◆ **Brief**
When the string "input" occurs in a line of the records, show that line.

[Records drawn from a dataset]
BEGIN

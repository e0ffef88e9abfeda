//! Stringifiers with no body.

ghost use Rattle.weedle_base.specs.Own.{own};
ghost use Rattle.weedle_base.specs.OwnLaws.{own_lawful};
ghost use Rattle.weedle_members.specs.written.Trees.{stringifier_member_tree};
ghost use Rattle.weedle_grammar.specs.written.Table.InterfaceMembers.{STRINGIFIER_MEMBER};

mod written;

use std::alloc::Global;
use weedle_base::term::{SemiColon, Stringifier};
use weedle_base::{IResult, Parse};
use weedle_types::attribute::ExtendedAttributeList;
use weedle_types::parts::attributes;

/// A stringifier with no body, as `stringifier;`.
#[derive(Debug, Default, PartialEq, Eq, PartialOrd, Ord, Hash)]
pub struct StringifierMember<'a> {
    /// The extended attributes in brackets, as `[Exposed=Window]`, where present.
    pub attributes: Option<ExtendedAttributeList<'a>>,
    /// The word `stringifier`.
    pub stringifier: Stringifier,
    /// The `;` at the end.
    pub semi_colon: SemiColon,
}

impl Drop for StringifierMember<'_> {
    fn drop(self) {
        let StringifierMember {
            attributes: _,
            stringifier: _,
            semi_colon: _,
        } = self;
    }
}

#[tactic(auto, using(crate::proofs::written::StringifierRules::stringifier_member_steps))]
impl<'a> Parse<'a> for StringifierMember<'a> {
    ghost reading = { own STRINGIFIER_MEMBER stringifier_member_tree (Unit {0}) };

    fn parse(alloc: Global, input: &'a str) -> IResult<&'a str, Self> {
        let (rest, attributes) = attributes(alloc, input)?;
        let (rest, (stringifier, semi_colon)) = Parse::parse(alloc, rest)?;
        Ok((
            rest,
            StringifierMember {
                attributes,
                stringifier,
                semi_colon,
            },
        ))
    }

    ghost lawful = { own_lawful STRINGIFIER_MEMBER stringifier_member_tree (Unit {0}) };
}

END

◆ **Your solution**
    fn parse(alloc: Global, input: &'a str) -> IResult<&'a str, Self> {
        let (rest, attributes) = attributes(alloc, input)?;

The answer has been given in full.